Received image signal R, G and B and various control signal O-CS that timing controller 500 receives from the external graphics controller (not shown).Timing controller 500 compensates input image data data-i by exporting first the view data data-Hn ' or the second view data data-Ln ' through over-compensation through over-compensation.In addition, in order to export first, second and the 3rd control signal CT1, CT2 and CT3, timing controller 500 receives various control signal O-CS (for example, vertical synchronizing signal, horizontal-drive signal, master clock signal, data enable signal etc.).

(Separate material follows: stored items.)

//! Serves a row's first connection with a device that fails at one read or write, for each in turn,
//! until none fails. The row's other connections then show the books.

use crate::devices::{FailingReader, FailingWriter};
use crate::parts::Connections;
use crate::service::new_service;
use crate::serving::print_connections;
use base_types::NoMemory;
use book_http::{ServeFault, serve};
use http_requests::Handler;
use std::alloc::Global;
use std::io;
use test_support::{Printout, Supply};

/// The device that fails.
#[derive(Clone, Copy)]
enum Device {
    Reader,
    Writer,
}

/// The outcome of a connection.
#[derive(Drop)]
struct Outcome {
    /// How it ended.
    served: Result<(), ServeFault>,
    /// The octets written.
    written: Vec<u8>,
    /// The replies to the row's other connections afterwards.
    books: Printout,
}

impl Outcome {
    /// Whether the other outcome has the same end and the same books.
    fn is_same_as(&self, other: &Outcome) -> bool {
        self.served == other.served && self.books.as_slice() == other.books.as_slice()
    }

    /// Whether the octets written are a prefix of those of the other outcome.
    fn is_prefix_of(&self, whole: &Outcome) -> bool {
        whole
            .written
            .as_slice()
            .starts_with(self.written.as_slice())
    }
}

/// Serves the octets with a reader and a writer, of which the device fails at that read or write.
/// Returns how it ended, and the octets written. (As with `feed` of `test_support`, who calls it
/// learns nothing of what is proved of `serve`.)
fn serve_failing<H: Handler>(
    alloc: Global,
    handler: &mut H,
    octets: &[u8],
    device: Device,
    fails_at: u64,
) -> (Result<(), ServeFault>, Vec<u8>) {
    let (at_read, at_write) = match device {
        Device::Reader => (fails_at, 0),
        Device::Writer => (0, fails_at),
    };
    let mut reader = FailingReader::new(octets, at_read, io::ErrorKind::BrokenPipe);
    let mut writer = FailingWriter::new(alloc, at_write, false);
    let served = serve(alloc, handler, &mut reader, &mut writer);
    (served, writer.octets)
}

/// The outcome of the connections over the service; the first one has the failing device.
fn outcome_of<H: Handler>(
    handler: &mut H,
    connections: Connections,
    device: Device,
    fails_at: u64,
    supply: &mut Supply,
) -> Outcome {
    let alloc = supply.alloc;
    let first = connections.first();
    let (served, written) = serve_failing(alloc, handler, first.octets, device, fails_at);
    let mut books = Printout::new(alloc);
    print_connections(handler, first.others, false, &mut books);
    supply.note(books.result());
    Outcome {
        served,
        written,
        books,
    }
}

/// The outcome if the device fails at that read or write. `NoMemory` if no service can be made.
fn outcome_at(
    connections: Connections,
    device: Device,
    fails_at: u64,
    supply: &mut Supply,
) -> Result<Outcome, NoMemory> {
    match new_service(supply) {
        Some(service) => {
            let mut service = service;
            Ok(outcome_of(&mut service, connections, device, fails_at, supply))
        }
        None => Err(NoMemory),
    }
}

fn end_text(served: Result<(), ServeFault>) -> &'static str {
    match served {
        Ok(()) => "served to the end",
        Err(ServeFault::Read) => "a fault of the reader",
        Err(ServeFault::Write) => "a fault of the writer",
        Err(ServeFault::TooManyTurns) => "too many reads",
        Err(ServeFault::Memory) => "out of memory",
    }
}

/// Prints a line for an outcome that was first seen at that read or write, and its books.
fn print_outcome(device: Device, fails_at: u64, outcome: &Outcome, out: &mut Printout) {
    let label = match device {
        Device::Reader => "\n-- failing at read ",
        Device::Writer => "\n-- failing at write ",
    };
    out.add_labelled(label, fails_at);
    out.add(" and on: ");
    out.add(end_text(outcome.served));
    out.add_count(", ", outcome.written.len());
    out.add(" octets written");
    out.add_printout(&outcome.books);
}

/// Prints the next outcome if it differs from the one before.
fn print_next(
    device: Device,
    fails_at: u64,
    next: &Outcome,
    whole: &Outcome,
    before: &Outcome,
    out: &mut Printout,
) {
    if !next.is_prefix_of(whole) {
        out.add("\n** no beginning of the replies was written **");
    }
    if !next.is_same_as(before) {
        print_outcome(device, fails_at, next, out);
    }
}

/// Prints the first outcome, and each later one that differs from the one before, until the device
/// doesn't fail. `whole` is the outcome without a failure.
fn print_outcomes(
    connections: Connections,
    device: Device,
    whole: &Outcome,
    first: Outcome,
    out: &mut Printout,
) -> Result<(), NoMemory> {
    let mut before = first;
    print_outcome(device, 1, &before, out);
    for fails_at in 2..1_000u64 {
        if before.is_same_as(whole) {
            return Ok(());
        }
        let next = outcome_at(connections, device, fails_at, &mut out.supply)?;
        print_next(device, fails_at, &next, whole, &before, out);
        before = next;
    }
    Ok(())
}

/// Prints the outcomes of a failure of the device at each read or write in turn.
fn print_device(
    connections: Connections,
    device: Device,
    out: &mut Printout,
) -> Result<(), NoMemory> {
    let whole = outcome_at(connections, device, 0, &mut out.supply)?;
    let first = outcome_at(connections, device, 1, &mut out.supply)?;
    print_outcomes(connections, device, &whole, first, out)
}

/// Prints the outcomes of the row if its reader fails, and if its writer fails.
pub(crate) fn print_failures(connections: Connections, out: &mut Printout) {
    for device in [Device::Reader, Device::Writer] {
        let printed = print_device(connections, device, out);
        out.supply.note(printed);
    }
}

The first control signal CT1 is applied on the gate drivers 200, with the operation of control gate driver 200.The first control signal CT1 comprises that the vertical enabling signal of the operation that is used to start gate drivers 200, the gate clock signal and being used for that is used for determining the output time of grid voltage determine the output enable signal of the conducting pulse width of grid voltage.
Gate drivers 200 sequentially outputs to gating signal gate lines G L1 to GL2n in response to the first control signal CT1 from timing controller 500.

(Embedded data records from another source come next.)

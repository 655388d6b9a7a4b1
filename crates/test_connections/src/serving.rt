//! Feeds connections to a service.

use crate::parts::{CONNECTION, Connections};
use http_requests::{Handler, Session};
use test_support::{Printout, feed};

/// Prints the replies to a new connection with these octets, and whether it is closed then.
fn print_replies<H: Handler>(handler: &mut H, octets: &[u8], out: &mut Printout) {
    let mut session = Session::new(out.alloc());
    let fed = feed(out.alloc(), &mut session, handler, octets);
    if let Some(replies) = out.supply.keep(fed) {
        out.add_octets(replies.as_slice());
    }
    out.add(if session.closed() {
        "\n-- closed"
    } else {
        "\n-- open"
    });
}

/// Prints the replies to each connection, in their order, below its title if they are titled.
pub(crate) fn print_connections<H: Handler>(
    handler: &mut H,
    connections: Connections,
    are_titled: bool,
    out: &mut Printout,
) {
    let mut connections = connections;
    for _connection in 0..connections.most() {
        if connections.left.is_none() {
            return;
        }
        let connection = connections.first();
        if are_titled {
            out.add_octets(CONNECTION);
            out.add_octets(connection.title);
        }
        out.add("\n");
        print_replies(handler, connection.octets, out);
        connections = connection.others;
    }
}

The second control signal CT2 is applied to data driver 300, with the operation of control data driver 300.The second control signal CT2 comprises that the reverse signal and being used for of the polarity of the horizontal enabling signal of the operation that is used for log-on data driver 300, a plurality of data voltages that are used to reverse determines the output command signal from the output time of first and second voltages of data driver 300.
Data driver 300 sequentially receives first the view data data-Hn ' or the second view data data-Ln ' through over-compensation through over-compensation corresponding to every capable pixel in response to the second control signal CT2 from timing controller 500.

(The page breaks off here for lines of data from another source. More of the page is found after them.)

//! A book held in memory: one row per member, change counts, and the results of imports.
ghost use Rattle.std.specs.Prelude.{◌≡◌, ◌+◌, ◌<◌, ◌≤◌, ◌↔◌, ◌^◌, IfOk, IfSome, IsSome, IsTrue};
ghost use Rattle.std.specs.Prelude.{OnOk, OnErr, [], min, string_bytes};
ghost use Rattle.std.specs.FinMap as finite;
ghost use Rattle.std.specs.Option.{option_map_or};
ghost use Rattle.book_model.specs.Books.{fresh_book, live_at, as_stored};
ghost use Rattle.book_model.specs.BookChanges.{book_after_drop, forced_horizon, least};
ghost use Rattle.book_model.specs.BookChanges.{book_after_change, book_with_row};
ghost use Rattle.book_model.specs.Counting.{live_count};
ghost use Rattle.book_model.specs.declared.change.Change.{Change};
ghost use Rattle.book_model.specs.declared.change.Change.TheVariants.{Stores, TakesAway};
ghost use Rattle.book_model.specs.declared.change.RemovalReason.{RemovalReason};
ghost use Rattle.book_model.specs.declared.change.RemovalReason.TheVariants.{MoveOut};
ghost use Rattle.book_model.specs.declared.change.StoreReason.TheVariants.{MoveIn};
ghost use Rattle.book_model.specs.Forgetting.{book_after_forget, dropped_row_count};
ghost use Rattle.book_model.specs.Forgetting.{rows_after_forget};
ghost use Rattle.book_model.specs.Pages.{due_rows};
ghost use Rattle.book_model.specs.Putting.{as_found_member, found_in_book};
ghost use Rattle.book_model.specs.BookQueries.{is_tombstone_after, tombstone_count_after};
ghost use Rattle.book_model.specs.BookQueries.{book_tally, live_cards, with_live};
ghost use Rattle.book_model.specs.Counting.{one_if};
ghost use Rattle.sync_core.specs.BookInvariants.{card_at, removal_numbers};
ghost use Rattle.base_types.specs.TextMaps.{octet_map};

mod importing;

use book_model::decisions::{MemberLookup, is_row_kept};
use book_model::{
    Change, Counts, ImportTally, Mark, RemovalReason, Row, StoreReason, Stored, Tally,
};
use std::alloc::Global;
use std::collections::BTreeMap;
use std::marker::Model;
use std::mem;
use vcard_text::{Card, NoMemory, TextMap};

/// A book in memory, with a row for each member.
#[derive(Drop)]
pub struct PlainBook {
    id: u64,
    number: u64,
    horizon: u64,
    keep: u64,
    /// Upper bound on the number of tombstones above the horizon.
    remembered_bound: u64,
    counts: Counts,
    members: TextMap<Row>,
    imports: TextMap<ImportTally>,
}

impl Model for PlainBook {
    ghost use Rattle.std.specs.Prelude.{◌≤◌};
    ghost use Rattle.book_model.specs.internal.BookCodes.{coded_book};
    ghost use Rattle.book_model.specs.Books.{Book};
    ghost use Rattle.book_model.specs.BookQueries.{tombstone_count_after};
    ghost use Rattle.sync_core.specs.BookInvariants.{HasSoundNumbers};

    ghost Value = { Book };

    ghost coded = { coded_book };

    ghost view = { λ b. record {
      id = b.id;
      number = b.number;
      horizon = b.horizon;
      keep = b.keep;
      counts = b.counts;
      members = b.members;
      imports = b.imports;
    } };

    // No count exceeds the number, so none overflows. A report at the current number reads no row,
    // and neither does a removal while the bound is at most `keep`.
    ghost invariant = { λ b. HasSoundNumbers b.number b.counts b.members
        × (tombstone_count_after b.members b.horizon ≤ b.remembered_bound) };
}

/// Whether the row is a tombstone above the horizon.
fn is_tombstone_after(row: &Row, horizon: u64) -> bool
    ensures { result ≡ is_tombstone_after horizon row.now }
{
    row.card.is_none() && row.changed > horizon
}

/// Counts the tombstones above the horizon. Allocates nothing.
fn count_removed(rows: &BTreeMap<String, Row>, horizon: u64) -> u64
    ensures { result ≡ tombstone_count_after (octet_map rows.now) horizon }
{
    let mut count: usize = 0;
    for (_uid, row) in rows.iter() {
        if is_tombstone_after(row, horizon) {
            count += 1;
        }
    }
    count as u64
}

/// The smaller of the two numbers, or `number` if there is no other.
fn lesser(first: Option<u64>, number: u64) -> u64
    ensures { result ≡ option_map_or (min number) first number }
{
    match first {
        Some(first) => number.min(first),
        None => number,
    }
}

/// The number of the oldest removal above the horizon. Reads all rows and allocates nothing.
fn oldest_removal(rows: &BTreeMap<String, Row>, horizon: u64) -> Option<u64>
    ensures { result ≡ least (removal_numbers (octet_map rows.now) horizon) }
{
    let mut first = None;
    for (_uid, row) in rows.iter() {
        if is_tombstone_after(row, horizon) {
            first = Some(lesser(first, row.changed));
        }
    }
    first
}

/// The new bound on the tombstones after a change that leaves `rows` rows.
fn bound_after(bound: u64, is_removal: bool, rows: usize) -> u64
    ensures { result ≡ min (bound + one_if is_removal) rows }
{
    let more = if is_removal { 1 } else { 0 };
    bound.saturating_add(more).min(rows as u64)
}

/// Drops the tombstones up to the horizon and returns how many there were. Reads all rows once and
/// allocates nothing.
fn drop_rows(rows: &mut BTreeMap<String, Row>, horizon: u64) -> u64
    ensures dropped { result ≡ dropped_row_count (octet_map rows.old) horizon }
    ensures rows { octet_map rows.new ≡ rows_after_forget (octet_map rows.old) horizon }
{
    let before = rows.len();
    rows.retain(|_uid, row| is_row_kept(row, horizon));
    (before - rows.len()) as u64
}

/// Inserts a copy of the member's card under its UID if the member is live.
fn put_live(
    alloc: Global,
    cards: &mut TextMap<Stored>,
    uid: &str,
    row: &Row,
) -> Result<(), NoMemory>
    ensures { OnOk result (cards.new ≡ with_live cards.old (uid.now, row.now)) }
{
    let Some(card) = &row.card else {
        return Ok(());
    };
    let card = card.try_copy()?;
    let version = row.changed;
    cards.insert(String::from_str(alloc, uid)?, Stored { version, card })
}

impl PlainBook {
    /// An empty book, which keeps at most `keep` tombstones. Allocates nothing.
    pub fn new(alloc: Global, id: u64, keep: u64) -> PlainBook
        ensures { result ≡ fresh_book id keep }
    {
        PlainBook {
            id,
            number: 0,
            horizon: 0,
            keep,
            remembered_bound: 0,
            counts: Counts::none(),
            members: TextMap::new(alloc),
            imports: TextMap::new(alloc),
        }
    }

    /// The book's id in its store, counted from 1.
    pub fn id(&self) -> u64
        ensures { result ≡ self.now.id }
    {
        self.id
    }

    /// The number of the last change; 0 for a new book.
    pub fn number(&self) -> u64
        ensures { result ≡ self.now.number }
    {
        self.number
    }

    /// The horizon: tombstones up to this number have been dropped.
    pub fn horizon(&self) -> u64
        ensures { result ≡ self.now.horizon }
    {
        self.horizon
    }

    /// The member rows by UID, tombstones included.
    pub fn members(&self) -> &TextMap<Row>
        ensures { result.now ≡ self.now.members }
    {
        &self.members
    }

    /// The stored result of the import with this key, if any.
    pub fn kept_import(&self, key: &str) -> Option<ImportTally>
        ensures { result ≡ finite.get self.now.imports key.now }
    {
        match self.imports.get(key) {
            Some(tally) => Some(*tally),
            None => None,
        }
    }

    /// The live card with this UID and its version, if any.
    pub fn live(&self, uid: &str) -> Option<(u64, &Card)>
        ensures { as_stored result ≡ live_at self.now uid.now }
    {
        let row = self.members.get(uid)?;
        match &row.card {
            Some(card) => Some((row.changed, card)),
            None => None,
        }
    }

    /// The number of live cards.
    fn cards(&self) -> u64
        ensures { result ≡ live_count self.now.counts }
    {
        // The counts sum to the number, so no partial sum overflows.
        let _number = self.number;
        self.counts.live()
    }

    /// What a change to this UID is checked against: the live card, the card count and the number.
    pub fn lookup(&self, uid: &str) -> MemberLookup<'_>
        ensures { as_found_member result ≡ found_in_book self.now uid.now }
    {
        MemberLookup {
            live: self.live(uid),
            cards: self.cards(),
            number: self.number,
        }
    }

    /// Whether the book has no change after the mark, so that no member is due. Reads no row.
    pub fn is_unchanged_since(&self, mark: Mark) -> bool
        ensures number { IsTrue result ↔ (self.now.number ≤ mark.at) }
        ensures none_due { IsTrue result → due_rows self.now.members mark ≡ [] }
    {
        mark.at >= self.number
    }

    /// The book's statistics. Reads all rows to count the tombstones, and allocates nothing.
    pub fn tally(&self) -> Tally
        ensures { result ≡ book_tally self.now }
    {
        let remembered = count_removed(self.members.as_map(), self.horizon);
        Tally::of(self.number, self.horizon, self.counts, remembered)
    }

    /// Copies of all live cards, by UID. Reads all rows. `NoMemory` if an allocation fails.
    pub fn live_cards(&self, alloc: Global) -> Result<TextMap<Stored>, NoMemory>
        ensures { IfOk result (λ cards. cards ≡ live_cards self.now) }
    {
        let rows = self.members.as_map();
        let mut cards = TextMap::new(alloc);
        for (uid, row) in rows.iter() {
            put_live(alloc, &mut cards, uid.as_str(), row)?;
        }
        Ok(cards)
    }

    /// Applies the change under the next number and drops no tombstone. The cost is one look-up of
    /// the row. On `Err` the book is unchanged.
    pub fn apply(&mut self, uid: String, change: Change) -> Result<(), NoMemory>
        requires { self.old.number < 2 ^ 63 }
        ensures ok { OnOk result (self.new ≡ book_with_row self.old (string_bytes uid) change) }
        ensures err { OnErr result (self.new ≡ self.old) }
    {
        let changed = self.number + 1;
        let mut counts = self.counts;
        counts.add(&change);
        let card = match change {
            Change::Stores(card, _) => Some(card),
            Change::TakesAway(_) => None,
        };
        let is_removal = card.is_none();
        self.members.insert(uid, Row { changed, card })?;
        self.number = changed;
        self.counts = counts;
        self.remembered_bound = bound_after(self.remembered_bound, is_removal, self.members.len());
        Ok(())
    }

    /// Applies the change to an existing row under the next number, drops no tombstone, and returns
    /// the card that the row had. It overwrites the row, so it allocates nothing and can't fail.
    fn overwrite(&mut self, uid: &str, change: Change) -> Option<Card>
        requires { self.old.number < 2 ^ 63 }
        ensures written { IsSome (finite.get self.old.members uid.now) →
            self.new ≡ book_with_row self.old uid.now change }
        ensures card { result ≡ card_at self.old uid.now }
    {
        let changed = self.number + 1;
        let mut counts = self.counts;
        counts.add(&change);
        let card = match change {
            Change::Stores(card, _) => Some(card),
            Change::TakesAway(_) => None,
        };
        let is_removal = card.is_none();
        let Row { card, .. } = self.members.replace(uid, Row { changed, card })?;
        self.number = changed;
        self.counts = counts;
        self.remembered_bound = bound_after(self.remembered_bound, is_removal, self.members.len());
        card
    }

    /// Removes the card of the UID from its row and returns it, then drops the oldest tombstone if
    /// there are more than the book keeps. Allocates nothing and can't fail. Call it only for a UID
    /// with a row: without one the result is `None`, and nothing is said of the book.
    pub fn remove_card(&mut self, alloc: Global, uid: &str, why: RemovalReason) -> Option<Card>
        requires { self.old.number < 2 ^ 63 }
        ensures written { IsSome (finite.get self.old.members uid.now) →
            self.new ≡ book_after_change self.old uid.now (TakesAway why) }
        ensures card { result ≡ card_at self.old uid.now }
    {
        let card = self.overwrite(uid, Change::TakesAway(why));
        self.drop_oldest_removal(alloc);
        card
    }

    /// Drops the oldest tombstone if the book has more than it keeps. Reads no row while the bound
    /// is at most `keep`; otherwise reads all rows once to count, and twice more to drop. Allocates
    /// nothing.
    fn drop_oldest_removal(&mut self, alloc: Global)
        ensures { (why : RemovalReason) →
            self.new ≡ book_after_drop self.old (forced_horizon (TakesAway why) self.old) }
    {
        if self.remembered_bound <= self.keep {
            return;
        }
        self.remembered_bound = count_removed(self.members.as_map(), self.horizon);
        if self.remembered_bound <= self.keep {
            return;
        }
        if let Some(upto) = oldest_removal(self.members.as_map(), self.horizon) {
            self.forget(alloc, upto);
        }
    }

    /// Sets the horizon, drops the tombstones up to it, and returns how many there were. Reads all
    /// rows once and allocates nothing.
    pub fn forget(&mut self, alloc: Global, upto: u64) -> u64
        ensures dropped { result ≡ dropped_row_count self.old.members upto }
        ensures book { self.new ≡ book_after_forget self.old upto }
    {
        let members = mem::replace(&mut self.members, TextMap::new(alloc));
        let mut rows = members.into_map();
        let dropped = drop_rows(&mut rows, upto);
        self.members = TextMap::from_map(rows);
        self.horizon = upto;
        self.remembered_bound = self.members.len() as u64;
        dropped
    }

    /// Inserts an empty row for the UID if there is none, so that a later change of it can't fail.
    /// On `Err` the book is unchanged.
    fn reserve_row(&mut self, uid: String) -> Result<(), NoMemory>
        ensures row { OnOk result (IsSome (finite.get self.new.members (string_bytes uid))) }
        ensures number { self.new.number ≡ self.old.number }
        ensures change { (change : Change) → book_with_row self.new (string_bytes uid) change
            ≡ book_with_row self.old (string_bytes uid) change }
        ensures err { OnErr result (self.new ≡ self.old) }
    {
        if self.members.get(uid.as_str()).is_some() {
            return Ok(());
        }
        let empty = Row {
            changed: 0,
            card: None,
        };
        self.members.insert(uid, empty)?;
        Ok(())
    }
}

/// Moves the live card of the UID from one book to the other without copying it. `key` is the same
/// UID, owned by the target book afterwards. Whatever can fail is done first: on `Err` both books
/// are unchanged.
pub fn move_between(
    alloc: Global,
    source: &mut PlainBook,
    target: &mut PlainBook,
    uid: &str,
    key: String,
) -> Result<(), NoMemory>
    requires live { IsSome (live_at source.old uid.now) }
    requires from_room { source.old.number < 2 ^ 63 }
    requires to_room { target.old.number < 2 ^ 63 }
    requires key { string_bytes key ≡ uid.now }
    ensures source { OnOk result
        (source.new ≡ book_after_change source.old uid.now (TakesAway MoveOut)) }
    ensures target { OnOk result (IfSome (live_at source.old uid.now) (λ stored.
        target.new ≡ book_after_change target.old uid.now (Stores stored.card MoveIn))) }
    ensures source_unchanged { OnErr result (source.new ≡ source.old) }
    ensures target_unchanged { OnErr result (target.new ≡ target.old) }
{
    target.reserve_row(key)?;
    if let Some(card) = source.remove_card(alloc, uid, RemovalReason::MoveOut) {
        target.overwrite(uid, Change::Stores(card, StoreReason::MoveIn));
    }
    Ok(())
}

Simultaneously, gamma reference voltage generator 400 receives supply voltage Vp and generates gamma reference voltage V in response to the 3rd control signal CT3 from timing controller 500
GMMA Data driver 300 is based on gamma reference voltage V
GMMA, the first view data data-Hn ' through over-compensation is converted to first data voltage, and in the period 1 that drives first sub-pixel 111, first data voltage is outputed to data line DL1 to DLm.In addition, data driver 300 is based on gamma reference voltage V
GMMA, the second view data data-Ln ' through over-compensation is converted to second data voltage, and in the second round that drives second sub-pixel 112, second data voltage is outputed to data line DL1 to DLm.
As shown in Figure 2, timing controller 500 comprises converter 510, first compensator 520, second compensator 530 and output unit 540.
Converter 510 receives input image data data-i and exports first and second sub-image data data-Hn and the data-Ln with different mutually values.Particularly, first sub-image data data-Hn has the gray-scale value higher than the gray-scale value of second sub-image data data-Ln.
First sub-image data data-Hn is offered first compensator 520 and first memory 610, and second sub-image data data-Ln is offered second compensator 530 and second memory 620.In advance the sub-image data data-Hn-1 of former frame is stored in the first memory 610, and in advance the sub-image data data-Ln-1 of former frame is stored in the second memory 620.
In present frame, if timing controller 500 is read from first and second storeies 610 and 620 at preceding sub-image data data-Hn-1 and data-Ln-1 first and second, then first and second sub-image data data-Hn and data-Ln are stored in respectively in first and second storeies 610 and 620.Thereby, sequentially will be stored in first and second storeies 610 and 620 corresponding to the first and second sub-image data data-Hn and the data-Ln of a frame.
First compensator 520 based on from first memory 610, read first at preceding sub-image data data-Hn-1, compensation is from first sub-image data data-Hn of converter 510, thereby exports the first view data data-Hn ' through over-compensation.Particularly, if first the difference between preceding sub-image data data-Hn-1 and first sub-image data data-Hn is greater than first reference value that presets, then first compensator 520 is added into first sub-image data data-Hn by the first offset α 1 that will preset and sets up the first view data data-Hn ' through over-compensation.Simultaneously, if first the difference between preceding sub-image data data-Hn-1 and first sub-image data data-Hn is equal to or less than first reference value that presets, then first compensator 520 generates first the view data data-Hn ' through over-compensation identical with first sub-image data data-Hn.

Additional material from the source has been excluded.